We get a list containing sub-lists named by all possible interests, and each sub-lists contains all list elements that whose interests include the corresponding interest.

Similar to building nested pipelines in list.group() examples, we can get the people's names in each class.

people %>>%
  list.class(Interests) %>>%
  list.map(. %>>% list.mapv(Name))
# $movies
# [1] "Ken"   "Penny"
# 
# $music
# [1] "Ken"   "James"
# 
# $reading
# [1] "Ken"   "Penny"
# 
# $sports
# [1] "James"

The exactly same logic also applies when we want to know the people's names classified by the name of programming languages as expertise:

people %>>%
  list.class(names(Expertise)) %>>%
  list.map(. %>>% list.mapv(Name))
# $Cpp
# [1] "James" "Penny"
# 
# $CSharp
# [1] "Ken"
# 
# $Java
# [1] "James"
# 
# $Python
# [1] "Ken"   "Penny"
# 
# $R
# [1] "Ken"   "James" "Penny"

list.common

This function returns the common cases by evaluating a given expression for all list elements.

Get the common Interests of all developers.

list.common(people, Interests)
# character(0)

It concludes that no interests are common to every one.

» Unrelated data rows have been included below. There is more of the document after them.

//! What the program's words ask for, and how its runs end.
use crate::play::ALWAYS;
use fb_program::wire::{MemoryFeed, MemorySink};
use fb_program::{Outcome, Settings, refuse_words, run, settings};
use std::alloc::{AllocError, Global};
use std::io::ErrorKind;
use std::iter::once;
use std::process::Abort;
use std::test::Fail;

const TAKE: &[u8] = b"{\"op\":\"take\"}\n";

const NO_JOB: &str = "{\"job\":0}\n";

/// How many reads and writes of a run are good, and how many reads it may make.
type Room = (u64, u64, u64);

const AMPLE: Room = (ALWAYS, ALWAYS, 1000);

/// The words of a line, after that of the program.
pub(crate) fn words_of<'a>(alloc: Global, line: &'a str) -> Result<Vec<&'a str>, AllocError> {
    once("bench61499")
        .chain(line.split_whitespace())
        .collect(alloc)
}

/// The status of a run of the words of a line, or none if it asks for a server, what it writes, and what it prints on its errors.
fn ended(
    alloc: Global,
    line: &str,
    input: &[u8],
    (reads, writes, turns): Room,
) -> Result<(Option<u8>, String, String), Fail> {
    let words = words_of(alloc, line)?;
    let mut reader = MemoryFeed::new(input, 8192, reads);
    let mut writer = MemorySink::new(alloc, 8192, writes);
    let mut errors = Vec::new(alloc);
    let status = match run(alloc, &words, &mut reader, &mut writer, &mut errors, turns) {
        Outcome::Ended(status) => Some(status),
        Outcome::Serves(_) | Outcome::Hosts(_) => None,
    };
    let output = String::from_utf8(writer.as_slice().to_vec(alloc)?)?;
    Ok((status, output, String::from_utf8(errors)?))
}

/// The settings, as a line.
pub(crate) fn line_of(alloc: Global, settings: &Settings<'_>) -> Result<String, AllocError> {
    match settings {
        Settings::Script { units, history } => format!(in alloc; "script {units} {history}"),
        Settings::Serve {
            port,
            workers,
            sessions,
            units,
            history,
        } => format!(in alloc; "serve {port} {workers} {sessions} {units} {history}"),
        Settings::Host(it) => {
            let (port, workers, sessions) = (it.port, it.workers, it.sessions);
            let (units, history, memory) = (it.limits.units(), it.limits.history(), it.memory);
            let (secret, is_open) = (it.secret, it.is_open);
            let (idle, connections) = (it.idle, it.connections);
            format!(in alloc;
                "host {port} {workers} {sessions} {units} {history} {memory} {secret:?} {is_open} {idle} {connections}"
            )
        }
    }
}

/// What the words of a line ask for, as a line, or nothing.
pub(crate) fn asked_by(alloc: Global, line: &str) -> Result<Option<String>, AllocError> {
    let words = words_of(alloc, line)?;
    match settings(alloc, words.as_slice()) {
        Ok(settings) => Ok(Some(line_of(alloc, &settings)?)),
        Err(_) => Ok(None),
    }
}

// Compares what the words of each row ask for, and how their run over one request ends.
fn compare(
    rt: &impl Abort,
    alloc: Global,
    rows: &str,
    end: (Option<u8>, &str, &str),
) -> Result<(), Fail> {
    for row in rows.split('\n') {
        let (line, wanted) = row.split_once(" => ").ok_or("a row without =>")?;
        let asked = asked_by(alloc, line)?;
        assert_eq!(rt; asked.as_deref(), Some(wanted), "{line}");
        let (status, output, errors) = ended(alloc, line, TAKE, AMPLE)?;
        let found = (status, output.as_str(), errors.as_str());
        assert_eq!(rt; found, end, "{line}");
    }
    Ok(())
}

const SCRIPTS: &str = "script => script 1024 100000
script --history 3 => script 1024 3
script --history 5 => script 1024 5
script --history 129 => script 1024 129
script --units 1 => script 1 100000
script --units=16384 => script 16384 100000
script --history=10000000 => script 1024 10000000";

#[test]
fn words_give_settings(rt: HostRuntime) -> Result<(), Fail> {
    compare(&rt, rt.alloc(), SCRIPTS, (Some(0), NO_JOB, ""))
}

// Words that ask for a server: its port, workers and sessions, and the limits.
const SERVED: &str = "serve --port 0 => serve 0 2 1 1024 100000
serve --port=65535 => serve 65535 2 1 1024 100000
serve --port 7 --workers 16 --sessions 64 --units 3 --history 9 => serve 7 16 64 3 9
serve --history 1 --sessions 1 --workers 1 --port 1 => serve 1 1 1 1024 1";

// A run gives words that ask for a server back, and does nothing.
#[test]
fn words_give_servers(rt: HostRuntime) -> Result<(), Fail> {
    compare(&rt, rt.alloc(), SERVED, (None, "", ""))
}

// Words that ask for a server that stays: the same, the bytes of texts, the secret, the minutes, and the connections.
const HOSTED: &str =
    r#"host --port 7 => host 7 2 32 16384 100000 2147483648 None false 60 1000000000
host --port 0 --sessions 1 --workers 1 --units 1 --history 1 --memory 1 --secret s --idle 0 --connections 1 => host 0 1 1 1 1 1 Some("s") false 0 1
host --connections=1000000000 --idle=10080 --secret=a/b --memory=1099511627776 --history=10000000 --units=16384 --workers=16 --sessions=255 --port=65535 => host 65535 16 255 16384 10000000 1099511627776 Some("a/b") false 10080 1000000000
host --port 6149 --sessions 3 --workers 5 --units 17 --history 19 --memory 31 --idle 23 --connections 29 => host 6149 5 3 17 19 31 None false 23 29
host --port 6149 --open --sessions 3 => host 6149 2 3 16384 100000 2147483648 None true 60 1000000000
host --open --port 6149 --secret s => host 6149 2 32 16384 100000 2147483648 Some("s") true 60 1000000000"#;

#[test]
fn words_give_hosts(rt: HostRuntime) -> Result<(), Fail> {
    compare(&rt, rt.alloc(), HOSTED, (None, "", ""))
}

// Words that ask for nothing that the program does, or for help.
const REFUSED: &[&str; 52] = &[
    "",
    "scripts",
    "--help",
    "script --history 0",
    "script --history 10000001",
    "script --units 16385",
    "script --units x",
    "script --units",
    "script --unit 5",
    "script --port 1",
    "serve",
    "serve --workers 1",
    "serve --port",
    "serve --port x",
    "serve --port 65536",
    "serve --port 0 --workers 0",
    "serve --port 0 --workers 17",
    "serve --port 0 --sessions 0",
    "serve --port 0 --sessions 65",
    "serve --port 0 --units 16385",
    "serve --port 0 --history 10000001",
    "serve --port 0 --help",
    "serve --port 0 --secret s",
    "serve --port 0 --idle 1",
    "serve --port 0 --memory 1",
    "script --connections 1",
    "host",
    "host --secret s",
    "host --port 65536",
    "host --port 0 --workers 0",
    "host --port 0 --workers 17",
    "host --port 0 --sessions 0",
    "host --port 0 --sessions 256",
    "host --port 0 --units 0",
    "host --port 0 --units 16385",
    "host --port 0 --history 0",
    "host --port 0 --history 10000001",
    "host --port 0 --memory",
    "host --port 0 --memory 0",
    "host --port 0 --memory 1099511627777",
    "host --port 0 --secret",
    "host --port 0 --open=1",
    "host --port 0 --open 1",
    "host --port 0 --open --open",
    "serve --port 0 --open",
    "host --port 0 --idle",
    "host --port 0 --idle 10081",
    "host --port 0 --idle -1",
    "host --port 0 --connections 0",
    "host --port 0 --connections 1000000001",
    "host --port 0 --port 0",
    "host --port 0 --help",
];

// A run refuses them with a text.
#[test]
fn refused_words(rt: HostRuntime) -> Result<(), Fail> {
    for line in REFUSED {
        let asked = asked_by(rt.alloc(), line)?;
        let (status, output, errors) = ended(rt.alloc(), line, TAKE, AMPLE)?;
        let is_said = output.is_empty() && !errors.is_empty();
        assert!(rt; asked.is_none() && status == Some(2) && is_said, "{line}");
    }
    Ok(())
}

// Words that are refused, with all that a run prints then.
const TEXTS: &[(&str, &str); 4] = &[
    (
        "script --history 0",
        "error: invalid value '0' for '--history <history>': 0 is not in 1..=10000000\n\nFor more information, try '--help'.\n",
    ),
    (
        "serve --workers 1",
        "error: the following required arguments were not provided:\n  --port <port>\n\nUsage: bench61499 serve --port <port> --workers <workers>\n\nFor more information, try '--help'.\n",
    ),
    (
        "host --port 0 --port 0",
        "error: the argument '--port <port>' cannot be used multiple times\n\nUsage: bench61499 host [OPTIONS] --port <port>\n\nFor more information, try '--help'.\n",
    ),
    (
        "scripts",
        "error: unrecognized subcommand 'scripts'\n\n  tip: a similar subcommand exists: 'script'\n\nUsage: bench61499 <COMMAND>\n\nFor more information, try '--help'.\n",
    ),
];

#[test]
fn what_is_said_of_refused_words(rt: HostRuntime) -> Result<(), Fail> {
    for (line, said) in TEXTS {
        let (status, output, errors) = ended(rt.alloc(), line, TAKE, AMPLE)?;
        let found = (status, output.as_str(), errors.as_str());
        assert_eq!(rt; found, (Some(2), "", *said), "{line}");
    }
    Ok(())
}

/// A request, how many spaces follow it, and the room of a run; then its status, what it writes, and what it prints on its errors.
type Script = (&'static [u8], usize, Room, u8, &'static str, &'static str);

const FEW_READS: Room = (1, ALWAYS, 1000);

const NO_WRITES: Room = (ALWAYS, 0, 1000);

const ONE_TURN: Room = (ALWAYS, ALWAYS, 1);

const LONG: usize = 1_048_577;

const RUNS: &[Script; 6] = &[
    (b"", 0, AMPLE, 0, "", ""),
    (TAKE, 0, AMPLE, 0, NO_JOB, ""),
    (TAKE, LONG, AMPLE, 1, NO_JOB, "bench61499: line too long\n"),
    (TAKE, 0, FEW_READS, 1, NO_JOB, "bench61499: read failed\n"),
    (TAKE, 0, NO_WRITES, 1, "", "bench61499: write failed\n"),
    (TAKE, 0, ONE_TURN, 1, NO_JOB, "bench61499: too many reads\n"),
];

#[test]
fn runs(rt: HostRuntime) -> Result<(), Fail> {
    for (request, spaces, room, status, output, said) in RUNS {
        let mut input = request.to_vec(rt.alloc())?;
        input.extend_from_slice(&vec![in rt.alloc(); b' '; *spaces]?)?;
        let (found, written, errors) = ended(rt.alloc(), "script", &input, *room)?;
        let found = (found, written.as_str(), errors.as_str());
        assert_eq!(rt; found, (Some(*status), *output, *said), "{said}");
    }
    Ok(())
}

// Why words could not be read, with the status and the message.
const UNREAD: &[(ErrorKind, u8, &str); 2] = &[
    (
        ErrorKind::InvalidData,
        2,
        "bench61499: a word of the command line is not UTF-8\n",
    ),
    (ErrorKind::OutOfMemory, 1, ""),
];

#[test]
fn words_that_could_not_be_read(rt: HostRuntime) {
    for (kind, status, said) in UNREAD {
        let mut errors = Vec::new(rt.alloc());
        let found = refuse_words(*kind, &mut errors);
        assert_eq!(rt; found, *status, "{said}");
        assert_eq!(rt; errors.as_slice(), said.as_bytes());
    }
}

Let's see if there is any common programming language they all use.

list.common(people, names(Expertise))
# [1] "R"

list.table

table() builds a contingency table of the counts at each combination of factor levels using cross-classifying factors. list.table() is a wrapper that creates a table in which each dimension results from the values for an expression.

The function is very handy to serve as a counter. The following examples shows an easy way to know the remainders and the number of integers from 1 to 1000 when each is divided by 3.

list.table(1:1000, . %% 3)
# 
#   0   1   2 
# 333 334 333

For people dataset, we can build a two-dimensional table to show the distribution of number of interests and age.

list.table(people, Interests=length(Interests), Age)
#          Age
# Interests 24 25
#         2  1  1
#         3  1  0